--- Record excerpts Enclosed Below ---

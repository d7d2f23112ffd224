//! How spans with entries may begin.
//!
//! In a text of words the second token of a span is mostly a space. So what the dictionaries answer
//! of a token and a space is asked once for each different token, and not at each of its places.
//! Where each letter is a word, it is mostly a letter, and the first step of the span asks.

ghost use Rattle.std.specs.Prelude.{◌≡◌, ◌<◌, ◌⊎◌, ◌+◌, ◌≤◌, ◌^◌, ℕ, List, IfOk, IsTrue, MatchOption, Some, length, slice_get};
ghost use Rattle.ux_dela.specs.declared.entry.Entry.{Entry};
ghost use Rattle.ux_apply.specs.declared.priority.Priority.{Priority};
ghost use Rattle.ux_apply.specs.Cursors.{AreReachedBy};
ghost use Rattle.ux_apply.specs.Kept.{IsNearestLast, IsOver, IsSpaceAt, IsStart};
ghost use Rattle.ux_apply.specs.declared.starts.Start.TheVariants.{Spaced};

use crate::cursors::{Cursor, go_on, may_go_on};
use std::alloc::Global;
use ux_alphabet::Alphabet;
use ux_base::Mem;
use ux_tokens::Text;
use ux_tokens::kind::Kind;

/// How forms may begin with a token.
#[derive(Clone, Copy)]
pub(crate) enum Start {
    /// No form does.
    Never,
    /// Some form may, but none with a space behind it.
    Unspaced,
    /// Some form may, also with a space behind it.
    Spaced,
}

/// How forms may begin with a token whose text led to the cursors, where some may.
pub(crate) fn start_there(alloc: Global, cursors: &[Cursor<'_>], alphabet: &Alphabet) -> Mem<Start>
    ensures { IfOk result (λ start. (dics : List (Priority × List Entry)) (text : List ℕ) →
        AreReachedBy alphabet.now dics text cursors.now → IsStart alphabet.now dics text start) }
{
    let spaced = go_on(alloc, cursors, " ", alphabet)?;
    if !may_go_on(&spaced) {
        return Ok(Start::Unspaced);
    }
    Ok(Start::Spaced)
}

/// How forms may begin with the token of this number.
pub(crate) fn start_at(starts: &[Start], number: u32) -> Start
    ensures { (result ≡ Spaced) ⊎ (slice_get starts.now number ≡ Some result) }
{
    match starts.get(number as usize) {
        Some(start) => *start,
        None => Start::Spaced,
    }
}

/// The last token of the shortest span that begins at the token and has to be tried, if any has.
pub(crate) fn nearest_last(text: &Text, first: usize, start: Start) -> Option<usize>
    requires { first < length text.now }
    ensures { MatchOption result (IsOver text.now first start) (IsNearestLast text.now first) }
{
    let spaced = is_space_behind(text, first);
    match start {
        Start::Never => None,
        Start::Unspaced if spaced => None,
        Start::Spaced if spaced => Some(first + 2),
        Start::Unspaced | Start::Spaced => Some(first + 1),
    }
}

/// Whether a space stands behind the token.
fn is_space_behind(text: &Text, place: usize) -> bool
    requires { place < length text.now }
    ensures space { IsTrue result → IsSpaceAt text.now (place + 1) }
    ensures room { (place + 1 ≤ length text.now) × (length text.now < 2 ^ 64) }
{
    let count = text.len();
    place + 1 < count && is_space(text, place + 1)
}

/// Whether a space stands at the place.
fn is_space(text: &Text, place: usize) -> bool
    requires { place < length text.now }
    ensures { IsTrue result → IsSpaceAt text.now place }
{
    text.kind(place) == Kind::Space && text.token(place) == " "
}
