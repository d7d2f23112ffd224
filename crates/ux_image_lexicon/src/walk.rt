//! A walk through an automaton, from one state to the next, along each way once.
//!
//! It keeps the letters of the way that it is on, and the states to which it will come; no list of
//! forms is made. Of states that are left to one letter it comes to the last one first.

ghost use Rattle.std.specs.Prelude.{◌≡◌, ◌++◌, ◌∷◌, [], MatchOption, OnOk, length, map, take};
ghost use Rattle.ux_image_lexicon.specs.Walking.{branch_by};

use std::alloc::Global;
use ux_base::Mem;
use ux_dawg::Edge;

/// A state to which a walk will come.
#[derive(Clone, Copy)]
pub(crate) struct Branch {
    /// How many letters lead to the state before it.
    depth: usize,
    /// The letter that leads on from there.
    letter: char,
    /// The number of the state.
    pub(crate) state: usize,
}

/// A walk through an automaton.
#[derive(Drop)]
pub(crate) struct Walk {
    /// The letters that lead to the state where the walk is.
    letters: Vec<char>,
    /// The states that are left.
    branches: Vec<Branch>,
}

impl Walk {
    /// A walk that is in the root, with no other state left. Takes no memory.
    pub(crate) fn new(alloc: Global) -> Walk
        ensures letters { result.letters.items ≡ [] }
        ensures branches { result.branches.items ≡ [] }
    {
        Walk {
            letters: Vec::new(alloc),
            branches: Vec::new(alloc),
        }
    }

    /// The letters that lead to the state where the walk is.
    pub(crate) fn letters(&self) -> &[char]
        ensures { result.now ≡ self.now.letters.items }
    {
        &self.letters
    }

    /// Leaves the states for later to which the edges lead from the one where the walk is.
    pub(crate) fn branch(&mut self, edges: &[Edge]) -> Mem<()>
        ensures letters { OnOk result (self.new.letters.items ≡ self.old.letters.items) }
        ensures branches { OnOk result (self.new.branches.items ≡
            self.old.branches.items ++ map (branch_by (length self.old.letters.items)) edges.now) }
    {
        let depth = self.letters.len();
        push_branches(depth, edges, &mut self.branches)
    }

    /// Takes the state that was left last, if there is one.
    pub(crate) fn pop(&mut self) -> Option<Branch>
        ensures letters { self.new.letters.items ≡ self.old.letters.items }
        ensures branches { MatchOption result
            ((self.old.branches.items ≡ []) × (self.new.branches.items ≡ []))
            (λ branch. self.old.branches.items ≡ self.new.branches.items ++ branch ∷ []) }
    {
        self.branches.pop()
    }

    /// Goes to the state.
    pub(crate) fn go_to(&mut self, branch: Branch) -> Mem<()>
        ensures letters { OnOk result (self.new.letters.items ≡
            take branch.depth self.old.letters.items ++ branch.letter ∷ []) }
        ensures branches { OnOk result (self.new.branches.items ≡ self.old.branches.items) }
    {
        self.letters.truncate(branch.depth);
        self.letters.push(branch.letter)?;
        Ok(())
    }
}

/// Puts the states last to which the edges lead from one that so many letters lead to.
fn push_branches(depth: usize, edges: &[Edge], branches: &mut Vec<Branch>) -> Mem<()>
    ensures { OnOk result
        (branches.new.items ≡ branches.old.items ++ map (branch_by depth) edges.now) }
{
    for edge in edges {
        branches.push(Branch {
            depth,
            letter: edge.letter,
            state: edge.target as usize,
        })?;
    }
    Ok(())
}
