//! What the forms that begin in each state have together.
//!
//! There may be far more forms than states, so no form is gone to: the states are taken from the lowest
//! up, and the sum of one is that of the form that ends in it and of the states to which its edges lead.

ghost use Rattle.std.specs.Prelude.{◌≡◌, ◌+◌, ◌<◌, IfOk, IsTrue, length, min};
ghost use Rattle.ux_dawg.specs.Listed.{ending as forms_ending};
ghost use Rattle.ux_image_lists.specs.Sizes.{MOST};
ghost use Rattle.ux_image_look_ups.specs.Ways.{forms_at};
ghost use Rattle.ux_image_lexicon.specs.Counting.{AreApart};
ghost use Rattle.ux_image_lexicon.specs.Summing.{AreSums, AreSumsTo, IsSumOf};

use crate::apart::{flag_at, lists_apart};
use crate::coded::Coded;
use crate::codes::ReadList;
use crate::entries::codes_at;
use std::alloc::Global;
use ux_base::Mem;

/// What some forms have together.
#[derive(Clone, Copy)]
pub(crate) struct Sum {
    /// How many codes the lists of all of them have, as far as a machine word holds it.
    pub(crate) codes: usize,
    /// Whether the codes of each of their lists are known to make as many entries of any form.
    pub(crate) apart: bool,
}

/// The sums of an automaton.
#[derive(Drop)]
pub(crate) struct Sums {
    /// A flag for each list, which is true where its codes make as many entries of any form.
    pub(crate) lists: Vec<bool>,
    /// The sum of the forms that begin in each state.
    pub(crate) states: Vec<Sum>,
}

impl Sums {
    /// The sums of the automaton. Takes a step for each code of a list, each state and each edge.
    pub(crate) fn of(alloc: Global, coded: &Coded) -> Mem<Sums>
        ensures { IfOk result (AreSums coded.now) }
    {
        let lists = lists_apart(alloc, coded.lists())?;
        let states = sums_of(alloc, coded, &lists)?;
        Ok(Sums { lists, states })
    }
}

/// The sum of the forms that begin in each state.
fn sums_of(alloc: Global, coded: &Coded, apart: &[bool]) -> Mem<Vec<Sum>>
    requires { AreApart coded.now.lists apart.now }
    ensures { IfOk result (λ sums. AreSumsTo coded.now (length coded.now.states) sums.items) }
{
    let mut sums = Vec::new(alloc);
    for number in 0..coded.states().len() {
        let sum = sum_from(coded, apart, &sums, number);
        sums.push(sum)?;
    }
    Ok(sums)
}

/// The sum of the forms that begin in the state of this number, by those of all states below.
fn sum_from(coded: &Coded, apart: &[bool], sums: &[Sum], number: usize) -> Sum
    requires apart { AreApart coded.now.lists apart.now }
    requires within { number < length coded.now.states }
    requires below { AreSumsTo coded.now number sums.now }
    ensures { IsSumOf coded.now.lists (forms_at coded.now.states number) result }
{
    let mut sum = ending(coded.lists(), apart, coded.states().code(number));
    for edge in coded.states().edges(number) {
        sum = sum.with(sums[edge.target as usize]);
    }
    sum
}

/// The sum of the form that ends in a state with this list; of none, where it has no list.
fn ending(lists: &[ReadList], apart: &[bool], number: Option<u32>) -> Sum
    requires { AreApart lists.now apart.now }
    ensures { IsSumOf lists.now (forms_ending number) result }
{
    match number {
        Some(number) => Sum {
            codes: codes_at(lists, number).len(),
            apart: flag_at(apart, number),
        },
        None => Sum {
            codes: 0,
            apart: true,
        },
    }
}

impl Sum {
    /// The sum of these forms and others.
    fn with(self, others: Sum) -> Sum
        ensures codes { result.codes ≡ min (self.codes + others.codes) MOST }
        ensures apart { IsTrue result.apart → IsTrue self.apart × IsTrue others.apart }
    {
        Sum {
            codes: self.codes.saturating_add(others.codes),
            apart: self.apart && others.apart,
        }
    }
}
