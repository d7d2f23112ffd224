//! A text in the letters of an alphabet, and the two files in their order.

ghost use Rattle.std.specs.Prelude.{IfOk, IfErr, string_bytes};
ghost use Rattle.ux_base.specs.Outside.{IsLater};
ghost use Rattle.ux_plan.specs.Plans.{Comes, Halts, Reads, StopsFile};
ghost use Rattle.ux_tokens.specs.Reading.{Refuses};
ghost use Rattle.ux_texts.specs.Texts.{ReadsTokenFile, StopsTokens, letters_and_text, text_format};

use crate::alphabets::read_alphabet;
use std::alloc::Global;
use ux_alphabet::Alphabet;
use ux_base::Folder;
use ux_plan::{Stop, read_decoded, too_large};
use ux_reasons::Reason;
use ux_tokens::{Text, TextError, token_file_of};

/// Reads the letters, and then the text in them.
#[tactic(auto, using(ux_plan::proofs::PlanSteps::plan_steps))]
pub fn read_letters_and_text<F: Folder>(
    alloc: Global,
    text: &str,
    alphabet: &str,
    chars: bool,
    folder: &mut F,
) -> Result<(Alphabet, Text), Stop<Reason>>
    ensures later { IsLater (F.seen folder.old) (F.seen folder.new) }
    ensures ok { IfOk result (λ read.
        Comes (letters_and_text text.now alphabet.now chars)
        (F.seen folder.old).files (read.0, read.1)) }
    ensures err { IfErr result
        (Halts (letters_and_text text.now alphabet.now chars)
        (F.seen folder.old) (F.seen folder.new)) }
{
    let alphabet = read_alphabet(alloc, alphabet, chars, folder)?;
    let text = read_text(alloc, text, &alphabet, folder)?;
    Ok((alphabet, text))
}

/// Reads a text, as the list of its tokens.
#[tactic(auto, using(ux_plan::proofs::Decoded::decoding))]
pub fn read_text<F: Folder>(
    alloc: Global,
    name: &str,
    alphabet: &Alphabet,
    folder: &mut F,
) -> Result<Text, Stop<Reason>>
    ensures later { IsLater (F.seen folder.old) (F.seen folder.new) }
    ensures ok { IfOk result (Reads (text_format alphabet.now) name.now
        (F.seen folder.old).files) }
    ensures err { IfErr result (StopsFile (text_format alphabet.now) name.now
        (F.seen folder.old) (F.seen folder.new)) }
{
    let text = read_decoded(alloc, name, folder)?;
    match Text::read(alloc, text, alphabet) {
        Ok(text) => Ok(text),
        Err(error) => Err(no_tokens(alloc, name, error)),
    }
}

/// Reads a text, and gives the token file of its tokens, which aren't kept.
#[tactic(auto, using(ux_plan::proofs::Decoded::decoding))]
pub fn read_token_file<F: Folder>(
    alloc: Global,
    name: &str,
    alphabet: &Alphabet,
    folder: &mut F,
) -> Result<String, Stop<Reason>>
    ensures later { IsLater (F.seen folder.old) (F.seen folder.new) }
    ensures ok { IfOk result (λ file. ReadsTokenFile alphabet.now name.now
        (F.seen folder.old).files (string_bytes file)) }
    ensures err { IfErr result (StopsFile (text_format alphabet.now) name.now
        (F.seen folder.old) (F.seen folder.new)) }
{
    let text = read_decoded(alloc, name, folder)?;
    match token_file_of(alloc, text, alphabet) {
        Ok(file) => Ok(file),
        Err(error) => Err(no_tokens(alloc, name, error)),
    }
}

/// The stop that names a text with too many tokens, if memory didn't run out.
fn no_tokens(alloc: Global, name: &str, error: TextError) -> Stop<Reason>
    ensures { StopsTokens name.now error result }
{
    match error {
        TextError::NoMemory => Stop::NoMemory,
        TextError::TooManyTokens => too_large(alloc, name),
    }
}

--- End of Enclosed Record excerpts ---

- _What the task asks_:
Please give again the lines above between the line holding "Start::Spaced if spaced" and the line holding "last one first.", inclusive, exactly as they are and with nothing added.

- _Worked solution_:
        Start::Spaced if spaced => Some(first + 2),
        Start::Unspaced | Start::Spaced => Some(first + 1),
    }
}

/// Whether a space stands behind the token.
fn is_space_behind(text: &Text, place: usize) -> bool
    requires { place < length text.now }
    ensures space { IsTrue result → IsSpaceAt text.now (place + 1) }
    ensures room { (place + 1 ≤ length text.now) × (length text.now < 2 ^ 64) }
{
    let count = text.len();
    place + 1 < count && is_space(text, place + 1)
}

/// Whether a space stands at the place.
fn is_space(text: &Text, place: usize) -> bool
    requires { place < length text.now }
    ensures { IsTrue result → IsSpaceAt text.now place }
{
    text.kind(place) == Kind::Space && text.token(place) == " "
}
repository d7d2f23112ffd224
filename crates/ux_image_lexicon/src/walk.rt
//! A walk through an automaton, from one state to the next, along each way once.
//!
//! It keeps the letters of the way that it is on, and the states to which it will come; no list of
//! forms is made. Of states that are left to one letter it comes to the last one first.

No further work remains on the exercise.